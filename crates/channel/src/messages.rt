// Messages other than a HANDSHAKE: why they are refused, their effects, and the chunk that DATA brings with its reply.
ghost use Rattle.std.specs.Prelude.{◌≡◌, ◌+◌, ◌<◌, ◌≤◌, true, length, IfOk};
ghost use Rattle.wire.proofs.Promise.{min_size, max_size, survey_all};
ghost use Rattle.replies.proofs.Promise.{Sends};
ghost use Rattle.bits.proofs.Promise.{bit_at};
ghost use Rattle.store.proofs.Promise.{length_answer};
ghost use Rattle.table.proofs.Promise.{row_count};
ghost use Rattle.base.specs.Out.{Answers, out_by, len_of};
ghost use Rattle.channel.specs.World.{beside, order_length, order_format, chunk_count};
ghost use Rattle.channel.specs.Lent.{Kept, Ordered, rooms_in, channels_in, world_in};
ghost use Rattle.channel.specs.Take.{row_for, messages_number, affected, messages_taken};
ghost use Rattle.channel.specs.Take.{acknowledgement, data_taken};

use crate::rooms::Rooms;
use base::Refusal;
use format::Format;
use held::interval;
use store::calls;
use table::rows::Row;
use table::{answers, words};
use tree::pack;
use verdict::integrity::Integrity;
use wire::bytes;
use wire::limits::MIN_SIZE;
use wire::survey::Survey;

// The row of the channel that messages other than a HANDSHAKE go to; or 5, 3 or 7.
fn row_for(rooms: &Rooms<'_>, datagram: &[u8], survey: Survey) -> Result<usize, Refusal>
    requires state_value { length_answer (order_length rooms.now.state.now) ≡ 0 }
    requires min_size_in_bounds { min_size ≤ length datagram.now }
    requires survey_value { survey ≡ survey_all (order_format rooms.now.state.now) datagram.now }
    ensures answer { Answers result (messages_number rooms.now.state.now datagram.now) }
    ensures row { IfOk result (λ i. (i ≡ row_for rooms.now.state.now datagram.now) × (i < row_count)) }
{
    let keepalive = datagram.len() == MIN_SIZE;
    let i = answers::messages_answer(rooms.state, bytes::load32(datagram, 0), keepalive)?;
    if pack::chunk_count(words::length_in(rooms.state)) <= survey.highest {
        return Err(Refusal::PastPack);
    }
    Ok(i)
}

// The effects of messages on the channel in row i, which they go to. What a call requires of row and survey stands in two
// or three contracts here: no value holds these together.
fn apply_messages(rooms: &mut Rooms<'_>, format: Format, i: usize, datagram: &[u8])
    requires ordered { Ordered rooms.old.state.now format }
    requires i_value { (i ≡ row_for rooms.old.state.now datagram.now) × (i < row_count) }
    ensures kept { Kept rooms.old rooms.new }
    ensures pack { rooms_in rooms.new ≡ rooms_in rooms.old }
    ensures channels { channels_in rooms.new ≡ affected (channels_in rooms.old) datagram.now }
{
    let state = &mut *rooms.state;
    let row = words::row_at(state, i);
    let n = pack::chunk_count(words::length_in(state));
    let base = 32 * (bits::row_words(u64::from(n)) as usize * i);
    let choked = effects::apply(
        rooms.has,
        rooms.wants,
        format,
        n,
        base,
        row.choked,
        datagram,
    );
    if choked != row.choked {
        words::put_row(state, i, Row { choked, ..row });
    }
}

// Messages without DATA. There is no reply: its length is 0.
pub(crate) fn take_messages(
    rooms: &mut Rooms<'_>,
    format: Format,
    datagram: &[u8],
    survey: Survey,
) -> Result<usize, Refusal>
    requires ordered { Ordered rooms.old.state.now format }
    requires min_size_in_bounds { min_size ≤ length datagram.now }
    requires survey_value { survey ≡ survey_all (order_format rooms.old.state.now) datagram.now }
    ensures kept { Kept rooms.old rooms.new }
    ensures out { out_by result (len_of result) (world_in rooms.new)
        ≡ beside (rooms_in rooms.old) (messages_taken (channels_in rooms.old) datagram.now) }
{
    let i = row_for(rooms, datagram, survey)?;
    if survey.effective {
        apply_messages(rooms, format, i, datagram);
    }
    Ok(0)
}

// What DATA brings: its chunk's number, its timestamp, and the `len` bytes from `start` on of a datagram.
#[derive(Clone, Copy)]
pub(crate) struct Data {
    pub chunk: u32,
    pub timestamp: u64,
    pub start: usize,
    pub len: usize,
}

// The ACK of the biggest complete interval around a chunk, which is held, to the peer of the channel that it came on;
// its length.
fn acknowledge(
    state: &[u32],
    map: &[u32],
    reply: &mut [u8],
    format: Format,
    i: usize,
    clock: u64,
    came: Data,
    datagram: &[u8],
) -> usize
    requires max_size_in_bounds { max_size ≤ length reply.old }
    requires ordered { Ordered state.now format }
    requires c_bound { (came.chunk < chunk_count state.now) × (bit_at map.now came.chunk ≡ true) }
    requires i_value { i ≡ row_for state.now datagram.now }
    ensures { Sends reply.old
        (acknowledgement state.now map.now datagram.now clock came.chunk came.timestamp)
        reply.new result }
{
    let peer = words::row_at(state, i).peer;
    let delay = clock.wrapping_sub(came.timestamp);
    let n = pack::chunk_count(words::length_in(state));
    let named = interval::complete_interval(format, map, n, came.chunk);
    replies::ack(reply, format, peer, named.first, named.last, delay)
}

// Messages with DATA, whose INTEGRITY messages are in `entries`: the chunk is stored where it may be, and the reply is
// an ACK, of this length.
pub(crate) fn take_data(
    rooms: &mut Rooms<'_>,
    format: Format,
    clock: u64,
    came: Data,
    entries: &[u64],
    datagram: &[u8],
    survey: Survey,
) -> Result<usize, Refusal>
    requires ordered { Ordered rooms.old.state.now format }
    requires max_size_in_bounds { max_size ≤ length rooms.old.reply.now }
    requires min_size_in_bounds { min_size ≤ length datagram.now }
    requires len_in_bounds { came.start + came.len ≤ length datagram.now }
    requires survey_value { survey ≡ survey_all (order_format rooms.old.state.now) datagram.now }
    ensures kept { Kept rooms.old rooms.new }
    ensures out { out_by result (len_of result) (world_in rooms.new)
        ≡ data_taken (world_in rooms.old) clock datagram.now entries.now came.chunk came.timestamp
        came.start came.len }
{
    let i = row_for(rooms, datagram, survey)?;
    let order = rooms.order();
    let end = came.start + came.len;
    let chunk = &datagram[came.start..end];
    let integrity = Integrity {
        entries,
        bytes: datagram,
    };
    calls::take(
        order,
        rooms.chunks,
        rooms.map,
        rooms.hashes,
        rooms.trusted,
        came.chunk,
        chunk,
        integrity,
    )?;
    // Both are only read: (c) after `&*rooms.state` a proof knows the number of words, and none of them.
    let state = &mut *rooms.state;
    let map = &mut *rooms.map;
    let sent = acknowledge(state, map, rooms.reply, format, i, clock, came, datagram);
    if survey.effective {
        apply_messages(rooms, format, i, datagram);
    }
    Ok(sent)
}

→ WHAT YOU WILL DO:
Using the material above, report each line where "they" occurs.

→ ANSWER FOR THE TASK:
// Messages other than a HANDSHAKE: why they are refused, their effects, and the chunk that DATA brings with its reply.
// The effects of messages on the channel in row i, which they go to. What a call requires of row and survey stands in two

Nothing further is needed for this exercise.